The goal of this project is to develop an easy-to-use tool for the simulation of fluid dynamics, mainly targeting the aerodynamics of model airplanes.

In the demo video, two very similar fluid simulations, with slightly different visualization schemes, are shown (a jet of fluid colliding with a sphere).
Both using the "central moments multiple relaxation times"-collision operator, as proposed by De Rosis et al. [1].
The CM-MRT collision enables extremely stable simulations, also of high Reynold number flows, at the cost of simulation speed. My current CM-MRT implementation has yet to be optimized, which is responsible for the bad performance of ~180 MLUPS (million lattice updates per second) on a GTX 980. However, the ceiling of what can be achieved is still very far [2].

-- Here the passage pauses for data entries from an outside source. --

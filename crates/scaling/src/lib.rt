// Laws only, no function: how a computation in f64 scales by a power of two. Two runs stand side by side, the second with its
// arguments multiplied, and each operation has one rule that keeps them so.
#![tactic(auto)]
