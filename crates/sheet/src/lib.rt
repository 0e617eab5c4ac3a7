// The paper sheet: a line of text in, a line of text out, over the caller's area and message buffer. The bench
// is called through the functions that C calls.
#![tactic(auto)]

pub mod play;
pub mod show;

ghost use Rattle.sheet.specs.Sheet.{Answers, answer_to};

use crate::play::play;
use crate::show::put_outcome;
use ascii::write::put;
use forms::ARGS;
use forms::form::read_line;
use forms::names::is_bad;

// Characters of the longest line that is printed, and a few to spare: two wires of sixteen packets and a message, in digits,
// a number of moves and a line feed.
pub const LINE: usize = 18624;

// Answers a line: writes the answer over the front of text, and says how many characters it has.
pub fn answer_line(area: &mut [u8], out: &mut [u8], line: &[u8], text: &mut [u8; LINE]) -> usize
    ensures { Answers (answer_to line.now area.old out.old) text.old result text.new area.new out.new }
{
    let mut args = [0u8; ARGS];
    let asked = read_line(line, &mut args);
    if is_bad(asked.name) {
        return put(text, 0, b"ev=bad ans=3");
    }
    let w = play(area, out, asked.name, &args[0..asked.count]);
    put_outcome(text, asked.name, w, area, out)
}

Many more MLUPS are reached with the already optimized D3Q19 SRT model. Which runs at 1900 MLUPS also on the GTX 980 (256^3 resolution), when storing the DDFs as 16-bit floats while still computing with 32-bit precision. This genius idea was stolen from @ProjectPhysX. The 32 to 16 bit conversion obviously harms the precision, but doubles performance since the D3Q19 SRT model is heavily bound by memory bandwidth.

References:
[1] Alessandro De Rosis, Rongzong Huang and Christophe Coreixas. Universal formulation of central-moments-based lattice Boltzmann method with external forcing for the simulation of multiphysics phenomena. Physics of Fluids 31, 117102 (2019).
[2] Chaoyang Lyu, Wei Li, Mathieu Desbrun and Xiaopei Liu. Fast and versatile fluid-solid coupling for turbulent flow simulation (2021).
[3] Yixin Chen, Wei Li, Rui Fan and Xiaopei Liu. GPU Optimization for High-Quality Kinetic Fluid Simulation. arXiv:2101.11856 (2021).